She was not young—gray showed thick in her hair where it was not hidden by her cowl—but her face had few lines, other than the disapproving frown she ran over their weapons. If she was alarmed at meeting armed men in the heart of mountain wilderness, though, she gave no sign. Her hands rested easily on the high pommel of her worn but well-kept saddle. And she did not smell afraid.
She's not long for this book, but I do respect Leya quite a bit. This should be quite terrifying.
Leya shrugged and answered hesitantly. “I . . . knew that if I came this way, someone would find me and take me to her. I . . . just . . . knew. I have news for her.”
One wonders what Moiraine is doing to pull off this effect. It might just be that her eyes-and-ears are entirely mundane and simply under instruction to play things up as magical influence; I certainly can't think of any magic in the series that Moiraine would have access to at present that could do this... but it's still early enough in the series that this might be the remnant of some idea of Jordan's that never came to fruition.
“It is possible to oppose evil without doing violence.” Her voice held the simplicity of someone stating an obvious truth.
This feels like a lesson Perrin was meant to learn along the way but of course he never quite does, does he? Even at the end, when his dreamwalking could open him up to non-violent courses of action, he's still pretty much just locked in battle with Slayer and Lanfear. I can't even fully blame Sanderson for this because it's not like Jordan had any better ideas.
She gave him a penetrating look. “And yet you are not happy with your weapons.” How did she know that? He shook his head irritably, shaggy hair swaying. “The Creator made the world,” he muttered, “not I. I must live the best I can in the world the way it is.” “So sad for one so young,” she said softly. “Why so sad?”
For such a peaceful people, they sure do love annihilating their opponents with words. Perrin's got no argument... and again, he won't ever find that better way.
In the distance, the side of a mountain had been carved into the semblance of two towering forms. A man and a woman, Perrin thought they might be, though wind and rain had long since made that uncertain. Even Moiraine claimed to be unsure who they were supposed to be, or when the granite had been cut.
Perhaps King Eawynd of Safer and his queen - or perhaps even him and Mabriam, to celebrate the Compact of the Ten Nations. Perhaps King Aedomon to celebrate his battles against Manetheren. Probably no one we've heard of though.
When he looked over his shoulder, she was casting worried glances up the steep slopes to either side. Scattered trees perched precariously above them. It appeared impossible they would not fall. The Shienarans rode easily, at last beginning to relax.

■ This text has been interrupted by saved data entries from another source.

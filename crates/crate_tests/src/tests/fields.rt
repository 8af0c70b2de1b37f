//! Rows in one constant text: each ends before a `;`, and what is wanted stands behind its `~`.

use std::alloc::Global;
use std::str;

/// What is asked and what is wanted.
pub fn halves(row: &[u8]) -> Option<(&[u8], &[u8])> {
    let mut halves = row.split(|byte| *byte == b'~');
    Some((halves.next()?, halves.next()?))
}

/// The numbers that blanks separate.
pub fn numbers(alloc: Global, text: &[u8]) -> Option<Vec<u32>> {
    let mut numbers = Vec::new(alloc);
    for word in str::from_utf8(text).ok()?.split_whitespace() {
        numbers.push(word.parse::<u32>().ok()?).ok()?;
    }
    Some(numbers)
}

/// The one number of a text.
pub fn number(text: &[u8]) -> Option<u32> {
    str::from_utf8(text).ok()?.parse::<u32>().ok()
}

/// The lists of numbers that `/` separates.
pub fn lists(alloc: Global, text: &[u8]) -> Option<Vec<Vec<u32>>> {
    let mut lists = Vec::new(alloc);
    for field in text.split(|byte| *byte == b'/') {
        lists.push(numbers(alloc, field)?).ok()?;
    }
    Some(lists)
}
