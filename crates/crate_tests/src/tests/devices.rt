//! Devices of the system and in memory, one call after another.

use ftn_base::FileName;
use std::alloc::Global;
use std::io::{ErrorKind, Read, Write};
use std::{fs, io};
use store_io::{
    DirStore, MemSink, MemSource, ReadFault, Sink, SinkFault, Source, StdSink, StdSource, Store,
    write_all,
};

/// A reader that is interrupted once, then gives a byte, and then fails.
#[derive(Drop)]
struct Halting {
    turn: u8,
}

impl Read for Halting {
    fn read(&mut self, buf: &mut [u8]) -> io::Result<usize> {
        self.turn = self.turn.saturating_add(1);
        if self.turn == 1 {
            return Err(io::Error::from(ErrorKind::Interrupted));
        }
        if self.turn > 2 || buf.is_empty() {
            return Err(io::Error::from(ErrorKind::Other));
        }
        buf[0] = b'x';
        Ok(1)
    }
}

/// A writer that takes nothing.
#[derive(Drop)]
struct Full;

impl Write for Full {
    fn write(&mut self, _buf: &[u8]) -> io::Result<usize> {
        Ok(0)
    }

    fn flush(&mut self) -> io::Result<()> {
        Ok(())
    }
}

/// A source of three bytes whose second call fails.
fn memory_gives(alloc: Global) -> Option<bool> {
    let bytes = Vec::from_slice(alloc, b"abc").ok()?;
    let mut source = MemSource::new(bytes, Vec::from_slice(alloc, &[2]).ok()?);
    let mut into = [0u8; 2];
    let first = source.read(&mut into).ok()?;
    let second = source.read(&mut into).is_err();
    let left = source.left() == b"c".as_slice();
    let third = source.read(&mut into).ok()?;
    let last = source.read(&mut into).ok()?;
    Some(second && left && first == 2 && third == 1 && last == 0 && into == *b"cb")
}

/// A sink whose second call fails.
fn memory_takes(alloc: Global) -> Option<bool> {
    let mut sink = MemSink::new(Vec::from_slice(alloc, &[2]).ok()?);
    write_all(&mut sink, b"end\n").ok()?;
    let failed = matches!(write_all(&mut sink, b"end\n"), Err(SinkFault::Failed));
    write_all(&mut sink, b"x").ok()?;
    Some(failed && sink.bytes() == b"end\nx".as_slice())
}

fn reader_gives() -> Option<bool> {
    let mut source = StdSource::new(Halting { turn: 0 });
    let mut into = [0u8; 3];
    let first = source.read(&mut into).ok()?;
    Some(first == 1 && source.read(&mut into).is_err())
}

fn writer_takes() -> bool {
    let mut full = StdSink::new(Full);
    full.write(b"").is_ok() && matches!(write_all(&mut full, b"x"), Err(SinkFault::Failed))
}

/// A folder in the place of a file can be neither read nor replaced.
fn folder_fails(rt: &HostRuntime) -> Option<bool> {
    let alloc = rt.alloc();
    fs::create_dir(rt, "folder.f90").ok()?;
    let mut store = DirStore::new(rt, alloc);
    let name = FileName::new(alloc, b"folder.f90").ok()?;
    store.prepare(1).ok()?;
    let unread = matches!(store.read(&name, 3), Err(ReadFault::Failed));
    let unlisted = store.list().ok()?.iter().all(|name| !name.is_source());
    let kept = store.replace(name, Vec::new(alloc)).is_err();
    fs::remove_dir(rt, "folder.f90").ok()?;
    Some(unread && unlisted && kept)
}

#[test]
fn devices_give_take_and_fail(rt: HostRuntime) {
    assert!(rt; memory_gives(rt.alloc()) == Some(true));
    assert!(rt; memory_takes(rt.alloc()) == Some(true));
    assert!(rt; reader_gives() == Some(true));
    assert!(rt; writer_takes());
    assert!(rt; folder_fails(&rt) == Some(true));
}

Maybe it's just that I've been taking a break for a month, maybe it's changing the program I'm using for the ebooks, but I feel like this book has a bit more environmental description than the last one did. It makes it a bit harder to comment - Jordan's descriptions are all quite good so what is there to say - but it really builds up the isolation of this strange mountain camp.
A four-legged serpent scaled in gold and scarlet, golden maned like a lion, and its feet each tipped with five golden claws. A banner of legend. A banner most men would not know if they saw it, but would fear when they learned its name.
The Pattern really made some interesting choices when it decided that the calling card of the Dragon shouldn't be immediately recognizable, didn't it?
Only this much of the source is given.